Advice to fishing enthusiasts and citizen scientists from SARA
- SARA’s sawfish sighting campaign is ongoing so please submit your sighting to www.saw.fish Please be advised that we do not ask people to target sawfish, which is illegal without an appropriate permit.
- Possession of saws without a permit is illegal in most states, and while we understand that some people want to hold on to antique saws, we appreciate that others donate them to science
- Taking these saws as trophies has a huge impact on sawfish populations. If you catch one, please release them alive and report sightings back to us.
About sawfish
Sawfish are rays that have a shark-like body and a unique toothed rostrum, which is also called the saw. Sawfish use the saw to detect their prey as well as kill it, as Dr Barbara Wueringer, the principal scientist at Sharks And Rays Australia (SARA), discovered. Sawfish deliver fast saw-swipes aimed at prey that can split a fish in half. Sawfish are stealth predators.
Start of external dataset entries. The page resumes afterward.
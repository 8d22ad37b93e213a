// The bytes of the three files, decoded: how much of a file is read, amounts, transactions, the record count.
#![tactic(auto)]

ghost use Rattle.std.specs.Prelude.{◌≡◌, ◌/◌, ◌≤◌, length, take, map};
ghost use Rattle.lists.specs.Tables.{store};
ghost use Rattle.format.specs.Limits.{record_bytes, max_journal_bytes};
ghost use Rattle.journal.specs.Journal.{count};
ghost use Rattle.format.specs.Bytes.{entries};
ghost use Rattle.decode.specs.Files.{read_part};

use format::{Lsn, MAX_JOURNAL_BYTES, RECORD_BYTES, Wire};

// What is read of a file at most.
pub const FILE_BYTES: usize = MAX_JOURNAL_BYTES;

// How many bytes of a file are read: the first 64,020.
#[tactic(auto, using(crate::proofs::FilesLaws::read_of_min))]
pub fn read_of(file: &[u8]) -> usize
    ensures { (result ≤ length file.now) × (result ≤ max_journal_bytes)
        × (take result file.now ≡ read_part file.now) }
{
    file.len().min(MAX_JOURNAL_BYTES)
}

// The numbers of a file, at the front of `list`, and how many they are. A part of a number at the end is left out.
pub fn read_all<T: Wire>(file: &[u8], list: &mut [T]) -> usize
    requires { length file.now / T.WIDTH ≤ length list.old }
    ensures count { result ≡ length file.now / T.WIDTH }
    ensures values { list.new ≡ store 0 (map T.of_bits (entries T.WIDTH file.now)) list.old }
{
    let n = file.len() / T::WIDTH;
    for (i, x) in list[..n].iter_mut().enumerate() {
        *x = T::read(file, T::WIDTH * i);
    }
    n
}

// The record count in a journal's head; 0, if it has none. A report prints it only where take-back is accepted, so where there is a
// head.
#[tactic(auto, unfolding(journal::specs::Journal::count))]
pub fn count_in(journal: &[u8]) -> u64
    ensures { record_bytes ≤ length journal.now → result ≡ count journal.now }
{
    if journal.len() < RECORD_BYTES {
        0
    } else {
        u64::from(format::next_at(journal, Lsn(0)).0)
    }
}
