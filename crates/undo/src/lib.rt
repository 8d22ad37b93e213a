// Take-back: first everything is decided, then the table, the statuses and the copy are written.
#![tactic(auto)]

ghost use Rattle.std.specs.Prelude.{◌≡◌};
ghost use Rattle.std.proofs.Math.Option.{none};
ghost use Rattle.journal.specs.Inputs.{inputs_of};
ghost use Rattle.journal.specs.Outcomes.{answer_of};
ghost use Rattle.journal.specs.Orders.{decide};
ghost use Rattle.journal.specs.Calls as calls;
ghost use Rattle.examine.specs.Stages.{examined_order};
ghost use Rattle.deliver.specs.Answers.{totals_of};
ghost use Rattle.undo.specs.Undoes.{Undoes};

use arrays::Passed;
use deliver::{UndoTotals, deliver};
use examine::{admit, examine};
use journal::Reason;
use trace::{Records, classify};

// Take-back of a journal that 1 to 11 do not refuse: 13 and 12, then the rest. Its arrays share the stack with those of `examine`.
#[inline(never)]
fn undo_passed(
    passed: &Passed,
    table: &mut [i32],
    bad: &[u16],
    status: &mut [u8],
    out: &mut [u8],
) -> Result<UndoTotals, Reason>
    requires { decide (examined_order (inputs_of passed.now.journal.bytes.now table.old)) ≡ none }
    ensures { Undoes (inputs_of passed.now.journal.bytes.now table.old) bad.now status.old
        out.old (answer_of totals_of result) table.new status.new out.new }
{
    admit(&passed.ends, bad, status)?;
    let records = Records {
        journal: passed.journal.bytes,
        count: passed.journal.records,
    };
    let fates = classify(&records, &passed.ends, bad);
    deliver(
        &records,
        passed.journal.items,
        &passed.ends,
        &fates,
        table,
        status,
        out,
    )
}

// Takes back the listed transactions and those that read from them: the table, the status of each transaction number and the copy,
// at the front of `out`; or a refusal, which writes nothing (document 01, take-back).
// Table, status and `out` are three loans there and in C, so they are three parameters.
pub fn undo(
    journal: &[u8],
    table: &mut [i32],
    bad: &[u16],
    status: &mut [u8],
    out: &mut [u8],
) -> Result<UndoTotals, Reason>
    ensures answer { answer_of totals_of result
        ≡ (calls.undo (inputs_of journal.now table.old) bad.now status.old
        out.old).answer }
    ensures table { table.new
        ≡ (calls.undo (inputs_of journal.now table.old) bad.now status.old
        out.old).table }
    ensures status { status.new
        ≡ (calls.undo (inputs_of journal.now table.old) bad.now status.old
        out.old).status }
    ensures out { out.new
        ≡ (calls.undo (inputs_of journal.now table.old) bad.now status.old
        out.old).out }
{
    // The refusal is handed on in an arm, where an edit can hand on another.
    match examine(journal, table) {
        Ok(passed) => undo_passed(&passed, table, bad, status, out),
        Err(why) => Err(why),
    }
}
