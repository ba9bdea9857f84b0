// The leaving-out rule over the groups of a book: which of them are needed for an impossibility, none of them needlessly.
#![tactic(auto)]

ghost use Rattle.std.specs.Prelude.{◌≡◌, ℕ, List, ◌+◌, ◌<◌, ◌≤◌, length, take, MatchResult};
ghost use Rattle.spec_orders.specs.declared.Layout.TheVariants.{Ring};
ghost use Rattle.spec_orders.specs.CircularOrder.{Restriction};
ghost use Rattle.spec_orders.specs.Tree.{Forest};
ghost use Rattle.spec_orders.specs.Conflict.{possible?, leave_out, conflict_list};
ghost use Rattle.spec_calls.specs.Calls.{group_numbered};
ghost use Rattle.tree_tokens.specs.Tokens.{Wrote, flat};
ghost use Rattle.conflict_rule.specs.LeavingOut.{InBook, Represents, TokensRepresent, Walked, Stops, goes_on};

// Joins the groups with these numbers to the tree, from the last one on. Writes the tree that comes out, and says how many tokens it has; or how
// many of the numbers are left where the last of them is that of a group that cannot join.
fn walk(
    toks: &[u16],
    book: &[u64],
    n: usize,
    numbers: &[u16],
    out: &mut [u16],
) -> Result<usize, usize>
    requires { (TokensRepresent n (group_numbered book.now) toks.now) × (384 ≤ length book.now) × (InBook numbers.now) × (512 ≤ length out.old) }
    ensures { MatchResult result
        (λ tokens. (tokens ≤ length out.new) × ((t : Forest) (Gs : List Restriction) → toks.now ≡ flat t → Represents n (group_numbered book.now) Gs t
        → Walked n (group_numbered book.now) Gs numbers.now 0 (take tokens out.new)))
        (λ left. (0 < left) × (left ≤ length numbers.now) × ((t : Forest) (Gs : List Restriction) → toks.now ≡ flat t → Represents n (group_numbered book.now) Gs t
        → ((l : List ℕ) × Walked n (group_numbered book.now) Gs numbers.now left l) × Stops n (group_numbered book.now) Gs numbers.now left)) }
{
    let mut m = tree_tokens::copy(toks, out);
    for i in (0..numbers.len()).rev() {
        let at = 4 * (numbers[i] as usize - 1);
        let end = at + 4;
        let mut next = [0u16; 512];
        let got = tree_update::join(&out[0..m], &book[at..end], n, &mut next);
        let Some(k) = got else {
            return Err(i + 1);
        };
        m = tree_tokens::copy(&next[0..k], out);
    }
    Ok(m)
}

// Writes those of the numbers that the leaving-out rule keeps, and says how many. toks is the tree of the groups that stay in any case. The
// first half is decided with the whole second half staying, then the second half with what is kept of the first. Where the second half by
// itself cannot hang together with the tree's groups, the number at which the walk stops is the first one kept.
#[cycle(go_on_halves)]
fn halves(toks: &[u16], book: &[u64], n: usize, numbers: &[u16], out: &mut [u16]) -> usize
    requires { (TokensRepresent n (group_numbered book.now) toks.now) × (384 ≤ length book.now) × (InBook numbers.now) × (length numbers.now ≤ length out.old) }
    ensures { (result ≤ length numbers.now)
        × ((t : Forest) (Gs : List Restriction) → toks.now ≡ flat t → Represents n (group_numbered book.now) Gs t
        → Wrote (leave_out (possible? Ring n) (group_numbered book.now) Gs numbers.now) out.old out.new result) }
{
    let many = numbers.len();
    if many <= 1 {
        return tree_tokens::copy(numbers, out);
    }
    let mid = many / 2;
    let mut tree = [0u16; 512];
    match walk(toks, book, n, &numbers[mid..many], &mut tree) {
        Ok(size) => {
            let k = halves(&tree[0..size], book, n, &numbers[0..mid], out);
            go_on(toks, book, n, k, &numbers[mid..many], out)
        }
        Err(left) => {
            let from = mid + left;
            out[0] = numbers[from - 1];
            go_on(toks, book, n, 1, &numbers[from..many], out)
        }
    }
}

// The first k numbers of out are kept. Writes those that the rule then keeps of the other numbers behind them, and says how many there are in
// all.
#[cycle(go_on_halves)]
fn go_on(toks: &[u16], book: &[u64], n: usize, k: usize, numbers: &[u16], out: &mut [u16]) -> usize
    requires { (TokensRepresent n (group_numbered book.now) toks.now) × (384 ≤ length book.now) × (InBook numbers.now) × (k + length numbers.now ≤ length out.old)
        × (InBook (take k out.old)) }
    ensures { (result ≤ k + length numbers.now)
        × ((t : Forest) (Gs : List Restriction) → toks.now ≡ flat t → Represents n (group_numbered book.now) Gs t
        → Wrote (goes_on (possible? Ring n) (group_numbered book.now) Gs (take k out.old) numbers.now) out.old out.new result) }
{
    let mut tree = [0u16; 512];
    let Ok(size) = walk(toks, book, n, &out[0..k], &mut tree) else {
        return k;
    };
    k + halves(&tree[0..size], book, n, numbers, &mut out[k..])
}

// Writes those of the numbers that the leaving-out rule keeps, and says how many: none where all of their groups can hang together with the
// tree's.
pub fn leave_out(toks: &[u16], book: &[u64], n: usize, numbers: &[u16], out: &mut [u16]) -> usize
    requires { (TokensRepresent n (group_numbered book.now) toks.now) × (384 ≤ length book.now) × (InBook numbers.now) × (length numbers.now ≤ length out.old) }
    ensures { (t : Forest) (Gs : List Restriction) → toks.now ≡ flat t → Represents n (group_numbered book.now) Gs t
        → Wrote (conflict_list (possible? Ring n) (group_numbered book.now) Gs numbers.now) out.old out.new result }
{
    let mut tree = [0u16; 512];
    let Err(left) = walk(toks, book, n, numbers, &mut tree) else {
        return 0;
    };
    out[0] = numbers[left - 1];
    go_on(toks, book, n, 1, &numbers[left..numbers.len()], out)
}
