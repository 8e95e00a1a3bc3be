// Spaces: the reasons not to make or remove one, and how one is made and removed.

ghost use Rattle.std.specs.Prelude.{◌≡◌, ◌≢◌, ◌<◌, ◌≤◌, ◌+◌, List, ℕ, IfOk, IfErr, IfSome, IfNone, OnOk, Some, None, get_or, length, is_some, true};
ghost use Rattle.tq_host.specs.View.{IsSettled};
ghost use Rattle.tq_host.specs.Calls.{HasCause};
ghost use Rattle.tq_host.specs.Within.{KeepsRest, Within};
ghost use Rattle.tq_extent.specs.Clusters.{clusters_of};
ghost use Rattle.tq_extent.specs.Pages.{page_count};
ghost use Rattle.std.specs.List.{find};
ghost use Rattle.tq_model.specs.Site.{durable, has_name, spaces_on};
ghost use Rattle.tq_model.specs.Space.{overhead_pages};
ghost use Rattle.tq_model.specs.Step.{create_space, remove_space, removal_refusal, space_refusal, field_refused, pages_asked, shape_asked};
ghost use Rattle.tq_devtab.specs.InMemory as tables;
ghost use Rattle.tq_devtab.specs.Reserved.{space_of};
ghost use Rattle.tq_devtab.specs.Volume.{IsReserved, with_new};
ghost use Rattle.tq_coord.specs.Images.{ImagesMatch};
ghost use Rattle.tq_coord.specs.Manager.{site_of, next_of, volume_in, placed_of};
ghost use Rattle.tq_coord.specs.Serving.{IsServed, ChangesOnce};
ghost use Rattle.tq_coord.specs.Counts.{CountsFailure};
ghost use Rattle.tq_coord.specs.Spaces.{IsShape, IsAllowed, HasPlace, HasNewPages, IsLaidOut, IsWithoutOrWith, HasEntryAt, entry_dropped};

use crate::site::Disk;
use crate::{Failure, Manager};
use std::alloc::Global;
use tq_devtab::{DeviceTable, ReserveError, Reserved, grow};
use tq_extent::PageMap;
use tq_host::Host;
use tq_model::{
    Answer, DeviceAnswer, Field, MOST_MEMORY, MOST_MESSAGES, MOST_PAGES, MOST_QUEUES,
    MOST_TRANSACTIONS, NewSpace, Shape, SpaceAnswer, SpaceCreation, SpacePages, SpaceRemoval,
    overhead_pages,
};
use tq_spacefile::{SpaceFile, SpacePlace, format};
use tq_types::Name;

// The first field that is out of its limit.
fn field_refused(creation: &SpaceCreation) -> Option<Field>
    ensures { result ≡ field_refused creation.now }
{
    if creation.pages < 1 || creation.pages > u64::from(MOST_PAGES) {
        return Some(Field::Pages);
    }
    if creation.queues < 1 || creation.queues > u64::from(MOST_QUEUES) {
        return Some(Field::Queues);
    }
    if creation.transactions < 1 || creation.transactions > u64::from(MOST_TRANSACTIONS) {
        return Some(Field::Transactions);
    }
    if creation.messages < 1 || creation.messages > u64::from(MOST_MESSAGES) {
        return Some(Field::Messages);
    }
    if creation.memory > MOST_MEMORY {
        return Some(Field::Memory);
    }
    None
}

// The shape of a space whose fields are in their limits.
fn shape_of(creation: &SpaceCreation) -> Shape
    requires { field_refused creation.now ≡ None }
    ensures { result ≡ shape_asked creation.now }
{
    Shape {
        pages: creation.pages as u32,
        queues: creation.queues as u16,
        messages: creation.messages as u16,
        transactions: creation.transactions as u16,
        memory: creation.memory,
        error: creation.error,
    }
}

// The pages that are asked for, and those of them that are not for messages.
fn pages_of(creation: &SpaceCreation) -> SpacePages
    requires { field_refused creation.now ≡ None }
    ensures { result ≡ pages_asked creation.now }
{
    SpacePages {
        overhead: overhead_pages(&shape_of(creation)),
        pages: creation.pages,
    }
}

// Makes the pages of the space, and enters it into the table of its device.
fn lay_out<H: Host>(
    host: &mut H,
    table: &mut DeviceTable,
    reserved: Reserved,
    shape: &Shape,
    map: &PageMap,
) -> Result<(), Failure>
    requires dev { tables.dev_of table.old ≡ 0 }
    requires number { tables.place_of table.old ≡ 0 }
    requires shape { IsShape shape.now }
    requires reserved { IsReserved (tables.part_of table.old) (space_of reserved) }
    requires pages { (space_of reserved).pages ≡ shape.now.pages }
    requires map { map.now ≡ clusters_of (space_of reserved).extents }
    requires enough { shape.now.pages ≤ page_count map.now }
    requires holds { H.tells.reads → tables.IsTableOf table.old ((H.view host.old).reads 0) }
    ensures part { OnOk result (tables.part_of table.new ≡ with_new (space_of reserved) (tables.part_of table.old)) }
    ensures dev { tables.dev_of table.new ≡ 0 }
    ensures number { tables.place_of table.new ≡ 0 }
    ensures table { OnOk result (H.tells.reads → tables.IsTableOf table.new ((H.view host.new).reads 0)) }
    ensures pages { OnOk result (H.tells.reads → HasNewPages (space_of reserved) shape.now ((H.view host.new).reads 0)) }
    // the step of the whole call: what lies outside the table and the new clusters is as it was, and the device is no shorter
    ensures stop { tables.AreTableOf table.old (H.view host.old)
        → Within 0 (IsLaidOut (space_of reserved)) (IsWithoutOrWith (tables.part_of table.old) (space_of reserved) shape.now)
        (H.view host.old) (H.view host.new) }
    ensures settled { OnOk result (IsSettled 0 (H.view host.new)) }
    ensures rest { KeepsRest 0 (H.view host.old) (H.view host.new) }
    ensures failed { CountsFailure result (H.view host.old).faults (H.view host.new).faults }
{
    grow(host, 0, reserved.end())?;
    format(host, 0, map, shape)?;
    table.enter(host, reserved)?;
    Ok(())
}

// The lowest entry without a space.
fn lowest_unused(files: &[Option<SpaceFile>]) -> Option<usize>
    ensures some { IfSome result (λ at. (at < length files.now) × (get_or files.now at None ≡ None)
        × ((i : ℕ) → i < at → is_some (get_or files.now i None) ≡ true)) }
    ensures none { IfNone result ((i : ℕ) → i < length files.now → is_some (get_or files.now i None) ≡ true) }
{
    files.iter().position(|file| file.is_none())
}

impl Disk {
    // The entry of the space of that name.
    pub(crate) fn entry_named(&self, name: &Name) -> Option<usize>
        ensures some { IfSome result (λ at. (at < 16) × (find (has_name name.now) (spaces_on (volume_in self.now)) ≡ get_or (volume_in self.now).entries at None)
            × (is_some (get_or (volume_in self.now).entries at None) ≡ true)) }
        ensures none { IfNone result (find (has_name name.now) (spaces_on (volume_in self.now)) ≡ None) }
    {
        for index in 0..16 {
            let Some(space) = &self.table.entries()[index] else {
                continue;
            };
            if space.name == *name {
                return Some(index);
            }
        }
        None
    }
}

impl Manager {
    // The first reason of the words, or of the site, not to make the space; those of its table come after it.
    fn creation_fault(&self, creation: &SpaceCreation) -> Option<Answer>
        ensures refused { IfSome result (λ answer. space_refusal creation.now (site_of self.now) ≡ Some answer) }
        ensures allowed { IfNone result (IsAllowed creation.now self.now) }
    {
        if creation.dev != 0 {
            return Some(Answer::Device(DeviceAnswer::NoDevice));
        }
        let Some(disk) = &self.disk else {
            return Some(Answer::Device(DeviceAnswer::NotCreated));
        };
        if disk.entry_named(&creation.name).is_some() {
            return Some(Answer::Space(SpaceAnswer::Taken));
        }
        if let Some(field) = field_refused(creation) {
            return Some(Answer::Device(DeviceAnswer::Range(field)));
        }
        let pages = pages_of(creation);
        if pages.pages <= pages.overhead {
            return Some(Answer::Space(SpaceAnswer::Small(pages)));
        }
        None
    }

    // Makes the pages of a space that has its place, and enters it. Takes no memory.
    fn enter_space<H: Host>(
        &mut self,
        alloc: Global,
        host: &mut H,
        creation: &SpaceCreation,
        reserved: Reserved,
        map: PageMap,
    ) -> Result<(), Failure>
        requires on { ImagesMatch self.old (H.view host.old) }
        requires place { HasPlace creation.now self.old (space_of reserved) }
        requires map { map ≡ clusters_of (space_of reserved).extents }
        requires enough { creation.now.pages ≤ page_count map }
        ensures site { OnOk result (site_of self.new ≡ (create_space creation.now (site_of self.old)).site) }
        ensures next { OnOk result (next_of self.new ≡ next_of self.old) }
        ensures images { OnOk result (ImagesMatch self.new (H.view host.new)) }
        ensures stop { ChangesOnce (create_space creation.now (site_of self.old)) self.old (H.view host.old) (H.view host.new) }
        ensures failed { CountsFailure result (H.view host.old).faults (H.view host.new).faults }
    {
        let Some(disk) = self.disk.take() else {
            unreachable!()
        };
        let Disk {
            table,
            journal,
            files,
        } = disk;
        let (mut table, mut files) = (table, files);
        let Some(index) = lowest_unused(&files) else {
            unreachable!()
        };
        let shape = shape_of(creation);
        let place = SpacePlace {
            dev: 0,
            pages: shape.pages,
            site: table.site(),
            number: 8 * reserved.ordinal(),
        };
        lay_out(host, &mut table, reserved, &shape, &map)?;
        files[index] = Some(SpaceFile::new(alloc, &place, map, &shape));
        let disk = Disk {
            table,
            journal,
            files,
        };
        self.disk = Some(disk);
        Ok(())
    }

    /// Makes a space on device 0, in its lowest free clusters, or says the first reason not to; a
    /// refusal calls no host. The device grows first, then the space's pages are made, and then the
    /// table names it. All memory is taken before the device is written to. Where a device failed, the
    /// devices stand for the site without the space or with it; the manager is to be let go.
    pub fn create_space<H: Host>(
        &mut self,
        alloc: Global,
        host: &mut H,
        creation: &SpaceCreation,
    ) -> Result<Answer, Failure>
        requires on { ImagesMatch self.old (H.view host.old) }
        ensures served { IfOk result (IsServed (create_space creation.now (site_of self.old)) self.old self.new (H.view host.new)) }
        ensures stop { ChangesOnce (create_space creation.now (site_of self.old)) self.old (H.view host.old) (H.view host.new) }
        ensures failed { CountsFailure result (H.view host.old).faults (H.view host.new).faults }
        ensures idle { durable (create_space creation.now (site_of self.old)).site ≡ durable (site_of self.old) → host.new ≡ host.old }
    {
        if let Some(refusal) = self.creation_fault(creation) {
            return Ok(refusal);
        }
        let pages = pages_of(creation);
        let Some(disk) = &self.disk else {
            unreachable!()
        };
        let table = &disk.table;
        let reserved = match table.reserve(alloc, creation.name, creation.pages as u32) {
            Ok(reserved) => reserved,
            Err(ReserveError::Taken) => return Ok(Answer::Space(SpaceAnswer::Taken)),
            Err(ReserveError::TableFull) => return Ok(Answer::Space(SpaceAnswer::TableFull)),
            Err(ReserveError::Lack(room)) => return Ok(Answer::Space(SpaceAnswer::Lack(room))),
            Err(ReserveError::NoMemory) => return Err(Failure::Memory),
        };
        let map = reserved.map().copy(alloc)?;
        let number = 8 * reserved.ordinal();
        self.enter_space(alloc, host, creation, reserved, map)?;
        Ok(Answer::Space(SpaceAnswer::Created(NewSpace { number, pages })))
    }

    // Drops the space of an entry, which has that ordinal.
    fn drop_entry<H: Host>(
        &mut self,
        host: &mut H,
        index: usize,
        ordinal: u32,
    ) -> Result<(), Failure>
        requires on { ImagesMatch self.old (H.view host.old) }
        requires there { HasEntryAt self.old index ordinal }
        ensures dropped { OnOk result (IsServed (entry_dropped index (site_of self.old)) self.old self.new (H.view host.new) Answer.Done) }
        ensures stop { ChangesOnce (entry_dropped index (site_of self.old)) self.old (H.view host.old) (H.view host.new) }
        ensures failed { CountsFailure result (H.view host.old).faults (H.view host.new).faults }
    {
        let Some(disk) = self.disk.take() else {
            unreachable!()
        };
        let Disk {
            table,
            journal,
            files,
        } = disk;
        let (mut table, mut files) = (table, files);
        table.drop_space(host, ordinal)?;
        files[index] = None;
        self.disk = Some(Disk {
            table,
            journal,
            files,
        });
        Ok(())
    }

    /// Removes a space and its messages, or says the first reason not to; a refusal calls no host. Its
    /// clusters are free afterwards, and no byte of it is read again. Takes no memory. Where a device
    /// failed, the devices stand for the site with the space or without it; the manager is to be let go.
    pub fn remove_space<H: Host>(
        &mut self,
        host: &mut H,
        removal: &SpaceRemoval,
    ) -> Result<Answer, Failure>
        requires on { ImagesMatch self.old (H.view host.old) }
        ensures served { IfOk result (IsServed (remove_space removal.now (site_of self.old)) self.old self.new (H.view host.new)) }
        ensures stop { ChangesOnce (remove_space removal.now (site_of self.old)) self.old (H.view host.old) (H.view host.new) }
        ensures failed { CountsFailure result (H.view host.old).faults (H.view host.new).faults }
        ensures idle { durable (remove_space removal.now (site_of self.old)).site ≡ durable (site_of self.old) → host.new ≡ host.old }
    {
        let Some(disk) = &self.disk else {
            return Ok(Answer::NoEntry);
        };
        let Some(index) = disk.entry_named(&removal.space) else {
            return Ok(Answer::NoEntry);
        };
        let Some(file) = &disk.files[index] else {
            unreachable!()
        };
        let messages = file.space().message_count();
        if !removal.force && messages > 0 {
            return Ok(Answer::Space(SpaceAnswer::NotEmpty(messages)));
        }
        let Some(entry) = &disk.table.entries()[index] else {
            unreachable!()
        };
        let ordinal = entry.ordinal;
        self.drop_entry(host, index, ordinal)?;
        Ok(Answer::Done)
    }
}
A collaborative study between Dr Wueringer and scientists from Murdoch University and Newcastle University found that the shape of the saw is so streamlined that prey fish may not even detect when a sawfish swipes at them.
The saw is easily tangled in fishing nets, however. While analysing sawfish bycatch data from the Queensland Shark Control program, Dr Wueringer found that sawfish were mainly caught in gill nets. In most locations along Queensland’s east coast, sawfish populations had dropped to zero in the 1990s, before the Queensland Government removed gill nets in most locations and replaced them with drumlines in a bid to reduce bycatch.
Old sawfish saws are often seen in pubs and bars around Australia. Before protections came into place, sawfish were often killed for these trophies. Ongoing work by SARA in remote areas of the Gulf of Carpentaria has found that some fishers still take trophies, and now amputate saws before releasing the animal. This practice illegal and typically causes a slow death through starvation. The saw does not grow back.